Recently a (very amusing) comment was posted on the video page for Natural Selection, which deserves a comprehensive response. Catherine Borgard writes:
I loved this and I would really like to use a version of it in my high school biology class; however, I can float the whole thing until the mention of god is a jerk off or jerking off? I don’t suppose you have a slightly modified version that will only have half the town after me instead of the entire community burning a cross on my front lawn? Just curious from a mildly religious conservative community of nutty. . .
Thanks for your comment on the Natural Selection video. The problematic line you mentioned is: “If there is a personal god, then he’s been jerkin’ off,” and I’m aware that the line will not be appropriate for some classroom settings, but I still stand behind it, and I’m sorry I don’t have a “radio friendly” version! Teachers will have to use their own discretion as to which videos are appropriate for which age groups and demographics, and at the very least my intention was to provoke debate.
If you look on the video page and scroll down to the annotated lyrics, you’ll see I’ve made a note on that lyric: “A somewhat crude way of expressing the fact that there is no reliable evidence for the existence of a personal God, hence ‘he’ can hardly be said to ‘do’ anything of interest.” In this context “jerkin’ off” is just used as a slang term for “wasting time” or “being inactive” as in “stop jerkin’ off and get some work done”. It just happens to be a nice rhyme for “personal god” so I decided to use it.
Inappropriate or not, this line is meant to delve into the debate as to whether Darwin’s theory, which in principle explains the origins and details of every living thing, both in terms of behaviour and anatomy, leaves anything interesting for god to “do”. Personally I think not, but everyone gets to make their own decision based on their understanding of Darwin’s theory.
By way of further discussion, here’s a lecture from a philosopher (Eliot Sober) who believes Darwin’s theory is not, in principle, a logical refutation of the existence of god, personal or otherwise.
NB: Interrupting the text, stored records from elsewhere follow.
//! A package that is being made.

use std::alloc::{AllocError, Global};
use wit_data::{
    AstItem, Docs, Interface, InterfaceId, Items, Names, PackageName, Span, Stability, Table, Text,
    TryClone, Type_, TypeDef, TypeDefKind, TypeId, UnresolvedPackage, World, WorldId,
};

/// The interfaces and worlds of a package that are named of it, each with the gates under which it is named.
pub(crate) type ForeignNames = Names<(AstItem, Items<Stability>)>;

/// What a name of an interface or a world stands for.
#[derive(Clone, Copy)]
pub(crate) enum Named {
    Type_(TypeId),
    Function,
}

/// What is made of a package so far. What it knows of other packages comes first in each list.
pub(crate) struct Draft {
    pub worlds: Items<World>,
    pub interfaces: Items<Interface>,
    /// Of each interface what its names stand for.
    pub names: Items<Names<Named>>,
    pub types: Items<TypeDef>,
    /// Of each type the one at the end of its aliases.
    pub roots: Items<TypeId>,
    /// The types without a name by what they are.
    pub unnamed: Names<TypeId>,
    pub foreign_deps: Table<PackageName, ForeignNames>,
    pub foreign_dep_spans: Items<Span>,
    pub unknown_type_spans: Items<Span>,
    pub required_resource_types: Items<(TypeId, Span)>,
}

impl Draft {
    /// Nothing, which takes no memory.
    pub fn new(alloc: Global) -> Draft {
        Draft {
            worlds: Items::new(alloc),
            interfaces: Items::new(alloc),
            names: Items::new(alloc),
            types: Items::new(alloc),
            roots: Items::new(alloc),
            unnamed: Names::new(alloc),
            foreign_deps: Table::new(alloc),
            foreign_dep_spans: Items::new(alloc),
            unknown_type_spans: Items::new(alloc),
            required_resource_types: Items::new(alloc),
        }
    }

    /// The allocator that it was made with.
    pub fn allocator(&self) -> Global {
        self.worlds.allocator()
    }

    /// Adds an interface of which the name alone is known, None where it has none. The only error is want of memory.
    pub fn add_interface(
        &mut self,
        name: Option<Text>,
        span: Span,
    ) -> Result<InterfaceId, AllocError> {
        let id = InterfaceId::from_index(self.interfaces.len());
        let mut interface = Interface::new(self.allocator(), name);
        interface.span = span;
        self.interfaces.push(interface)?;
        let none = Names::new(self.allocator());
        self.names.push(none)?;
        Ok(id)
    }

    /// Adds a world of which the name alone is known. The only error is want of memory.
    pub fn add_world(&mut self, name: Text, span: Span) -> Result<WorldId, AllocError> {
        let id = WorldId::from_index(self.worlds.len());
        let mut world = World::new(self.allocator(), name);
        world.span = span;
        self.worlds.push(world)?;
        Ok(id)
    }

    /// Adds a type. The only error is want of memory.
    pub fn add_type(&mut self, def: TypeDef) -> Result<TypeId, AllocError> {
        let id = TypeId::from_index(self.types.len());
        let root = match &def.kind {
            TypeDefKind::Type_(Type_::Id(target)) => self.root(*target),
            _ => id,
        };
        self.types.push(def)?;
        self.roots.push(root)?;
        Ok(id)
    }

    /// The type at the end of the aliases of a type.
    pub fn root(&self, id: TypeId) -> TypeId {
        match self.roots.get(id.index()) {
            Some(root) => *root,
            None => id,
        }
    }

    /// Whether a type is a resource.
    pub fn is_resource(&self, id: TypeId) -> bool {
        match self.types.get(id.index()) {
            Some(def) => matches!(def.kind, TypeDefKind::Resource),
            None => false,
        }
    }

    /// Whether a type is one of another package.
    pub fn is_unknown(&self, id: TypeId) -> bool {
        match self.types.get(id.index()) {
            Some(def) => matches!(def.kind, TypeDefKind::Unknown),
            None => false,
        }
    }

    /// What a name of an interface stands for, None where it is no name of it.
    pub fn name_in(&self, id: InterfaceId, name: &str) -> Option<&Named> {
        let names = self.names.get(id.index())?;
        names.get(name)
    }

    /// Puts an interface in the place of one of which the name alone was known.
    pub fn set_interface(&mut self, id: InterfaceId, interface: Interface, names: Names<Named>) {
        let index = id.index();
        if index < self.interfaces.len() {
            self.interfaces.set(index, interface);
        }
        if index < self.names.len() {
            self.names.set(index, names);
        }
    }

    /// Puts a world in the place of one of which the name alone was known.
    pub fn set_world(&mut self, id: WorldId, world: World) {
        let index = id.index();
        if index < self.worlds.len() {
            self.worlds.set(index, world);
        }
    }

    /// The package of this name, with what was made.
    pub fn into_package(self, name: PackageName, span: Span, docs: Docs) -> UnresolvedPackage {
        let Draft {
            worlds,
            interfaces,
            names,
            types,
            roots,
            unnamed,
            foreign_deps,
            foreign_dep_spans,
            unknown_type_spans,
            required_resource_types,
        } = self;
        drop(names);
        drop(roots);
        drop(unnamed);
        UnresolvedPackage {
            name,
            package_name_span: span,
            docs,
            worlds,
            interfaces,
            types,
            foreign_deps,
            foreign_dep_spans,
            unknown_type_spans,
            required_resource_types,
        }
    }
}

/// As the derived one: each field is let go. A call of it costs the check less than a derived one,
/// which is checked again wherever a value is let go.
impl Drop for Draft {
    fn drop(self) {
        let Draft {
            worlds,
            interfaces,
            names,
            types,
            roots,
            unnamed,
            foreign_deps,
            foreign_dep_spans,
            unknown_type_spans,
            required_resource_types,
        } = self;
        drop(worlds);
        drop(interfaces);
        drop(names);
        drop(types);
        drop(roots);
        drop(unnamed);
        drop(foreign_deps);
        drop(foreign_dep_spans);
        drop(unknown_type_spans);
        drop(required_resource_types);
    }
}
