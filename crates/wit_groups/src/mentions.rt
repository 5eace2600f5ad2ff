//! What a package names by paths, in the order in which wit-parser meets it: of a world the imports
//! before the exports, behind all else.

use crate::written::Part;
use std::alloc::{AllocError, Global};
use wit_data::Items;
use wit_text::syntax::{
    Entry, Gate, InterfaceStatement, InterfaceStatementKind, Item, ItemKind, Path, Renaming,
    UseNames, WorldStatement, WorldStatementKind,
};

/// What a path names, and what for.
#[derive(Clone, Copy)]
pub(crate) enum MentionKind {
    /// An interface of which an interface or a world uses types.
    Use,
    /// An interface that a world imports or exports, or to which a file gives a name.
    Interface,
    /// A world that is included.
    World,
}

/// A path of a file, which has this number among the files of the package, and the gate under which it stands.
#[derive(Clone, Copy)]
pub(crate) struct Mention<'a> {
    pub file: usize,
    pub part: Part<'a>,
    pub gate: &'a Gate,
    pub path: &'a Path,
    pub kind: MentionKind,
    /// The types that are used.
    pub names: &'a [Renaming],
}

/// The file of which mentions are collected.
#[derive(Clone, Copy)]
struct Place<'a> {
    file: usize,
    part: Part<'a>,
}

impl<'a> Place<'a> {
    fn mention(self, gate: &'a Gate, path: &'a Path, kind: MentionKind) -> Mention<'a> {
        Mention {
            file: self.file,
            part: self.part,
            gate,
            path,
            kind,
            names: &[],
        }
    }

    fn mention_of_use(self, gate: &'a Gate, used: &'a UseNames) -> Mention<'a> {
        Mention {
            file: self.file,
            part: self.part,
            gate,
            path: &used.path,
            kind: MentionKind::Use,
            names: used.names.as_slice(),
        }
    }
}

/// All that is named by a path. The only error is want of memory.
pub(crate) fn mentions_of<'a>(
    alloc: Global,
    parts: &[Part<'a>],
) -> Result<Items<Mention<'a>>, AllocError> {
    let mut mentions = Items::new(alloc);
    for (file, part) in parts.iter().enumerate() {
        add_file(&mut mentions, Place { file, part: *part })?;
    }
    Ok(mentions)
}

fn add_file<'a>(mentions: &mut Items<Mention<'a>>, place: Place<'a>) -> Result<(), AllocError> {
    for item in place.part.items {
        add_item(mentions, place, item)?;
    }
    Ok(())
}

fn add_item<'a>(
    mentions: &mut Items<Mention<'a>>,
    place: Place<'a>,
    item: &'a Item,
) -> Result<(), AllocError> {
    match &item.kind {
        ItemKind::Use(top) => {
            mentions.push(place.mention(&item.gate, &top.path, MentionKind::Interface))
        }
        ItemKind::Interface(_, statements) => add_interface(mentions, place, statements.as_slice()),
        ItemKind::World(_, statements) => {
            let statements = statements.as_slice();
            add_world(mentions, place, statements)?;
            add_imports(mentions, place, statements)?;
            add_exports(mentions, place, statements)
        }
    }
}

/// Adds what an interface uses.
fn add_interface<'a>(
    mentions: &mut Items<Mention<'a>>,
    place: Place<'a>,
    statements: &'a [InterfaceStatement],
) -> Result<(), AllocError> {
    for statement in statements {
        if let InterfaceStatementKind::Use(used) = &statement.kind {
            mentions.push(place.mention_of_use(&statement.gate, used))?;
        }
    }
    Ok(())
}

/// Adds what a world uses and includes.
fn add_world<'a>(
    mentions: &mut Items<Mention<'a>>,
    place: Place<'a>,
    statements: &'a [WorldStatement],
) -> Result<(), AllocError> {
    for statement in statements {
        match &statement.kind {
            WorldStatementKind::Use(used) => {
                mentions.push(place.mention_of_use(&statement.gate, used))?;
            }
            WorldStatementKind::Include(include) => {
                let mention = place.mention(&statement.gate, &include.path, MentionKind::World);
                mentions.push(mention)?;
            }
            WorldStatementKind::Import(_)
            | WorldStatementKind::Export(_)
            | WorldStatementKind::Define(_) => {}
        }
    }
    Ok(())
}

fn add_imports<'a>(
    mentions: &mut Items<Mention<'a>>,
    place: Place<'a>,
    statements: &'a [WorldStatement],
) -> Result<(), AllocError> {
    for statement in statements {
        if let WorldStatementKind::Import(entry) = &statement.kind {
            add_entry(mentions, place, &statement.gate, entry)?;
        }
    }
    Ok(())
}

fn add_exports<'a>(
    mentions: &mut Items<Mention<'a>>,
    place: Place<'a>,
    statements: &'a [WorldStatement],
) -> Result<(), AllocError> {
    for statement in statements {
        if let WorldStatementKind::Export(entry) = &statement.kind {
            add_entry(mentions, place, &statement.gate, entry)?;
        }
    }
    Ok(())
}

fn add_entry<'a>(
    mentions: &mut Items<Mention<'a>>,
    place: Place<'a>,
    gate: &'a Gate,
    entry: &'a Entry,
) -> Result<(), AllocError> {
    match entry {
        Entry::Path(path) | Entry::Labelled(_, path) => {
            mentions.push(place.mention(gate, path, MentionKind::Interface))
        }
        Entry::Interface(_, statements) => add_interface(mentions, place, statements.as_slice()),
        Entry::Function(_, _) => Ok(()),
    }
}
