/// `t` of `a`, and a list of it; `u` of `b`, an alias of `t`; `k` of the interface without a name; `y` of the
/// world, an alias of `u`; `m` of `d`.
fn types(rt: &impl Abort, alloc: Global, breach: Breach) -> Items<TypeDef> {
    let number = TypeDefKind::Type_(Type_::U32);
    let mut types = one(
        rt,
        alloc,
        type_def(rt, alloc, "t", number, interface_owner(0)),
    );
    let kind = match breach {
        Breach::UnnamedAlias => TypeDefKind::Type_(type_at(0)),
        Breach::TypeRefersToItself => TypeDefKind::List(type_at(1)),
        Breach::TypeNotThere => TypeDefKind::List(type_at(6)),
        _ => TypeDefKind::List(type_at(0)),
    };
    add_type(rt, alloc, &mut types, "", kind, TypeOwner::None);
    let kind = match breach {
        Breach::AliasOfUnnamed => TypeDefKind::Type_(type_at(1)),
        Breach::PartOfOther => TypeDefKind::List(type_at(0)),
        _ => TypeDefKind::Type_(type_at(0)),
    };
    add_type(rt, alloc, &mut types, "u", kind, interface_owner(1));
    let number = TypeDefKind::Type_(Type_::U32);
    add_type(rt, alloc, &mut types, "k", number, interface_owner(2));
    let kind = TypeDefKind::Type_(type_at(2));
    let owner = TypeOwner::World(WorldId::from_index(0));
    add_type(rt, alloc, &mut types, "y", kind, owner);
    add_type_m(rt, alloc, &mut types, breach);
    add_more_types(rt, alloc, &mut types, breach);
    types
}

fn add_type(
    rt: &impl Abort,
    alloc: Global,
    types: &mut Items<TypeDef>,
    name: &str,
    kind: TypeDefKind,
    owner: TypeOwner,
) {
    types
        .push(type_def(rt, alloc, name, kind, owner))
        .expect(rt, "memory");
}

fn add_type_m(rt: &impl Abort, alloc: Global, types: &mut Items<TypeDef>, breach: Breach) {
    let name = if breach == Breach::OwnerWithoutName {
        ""
    } else {
        "m"
    };
    let kind = match breach {
        Breach::KindUnknown => TypeDefKind::Unknown,
        Breach::OwnerWithoutName => TypeDefKind::List(Type_::U32),
        _ => TypeDefKind::Type_(Type_::U32),
    };
    add_type(rt, alloc, types, name, kind, interface_owner(3));
}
And here’s another lecture, this time from a philosopher (Dan Dennett) who believes Darwin’s theory doesn’t leave anything interesting for god to do, hence belief in god becomes pointless and illogical once you understand the theory. Whichever way each of your students leans, I hope they will all agree it’s an interesting debate to have.
I’m posting this response as a blog since I’m sure you won’t be the first or the last teacher to raise this concern. If you deem the Natural Selection video inappropriate (as is your prerogative) I recommend the videos for Worst Comes to Worst or DNA or I’m A African as more universally age-appropraite.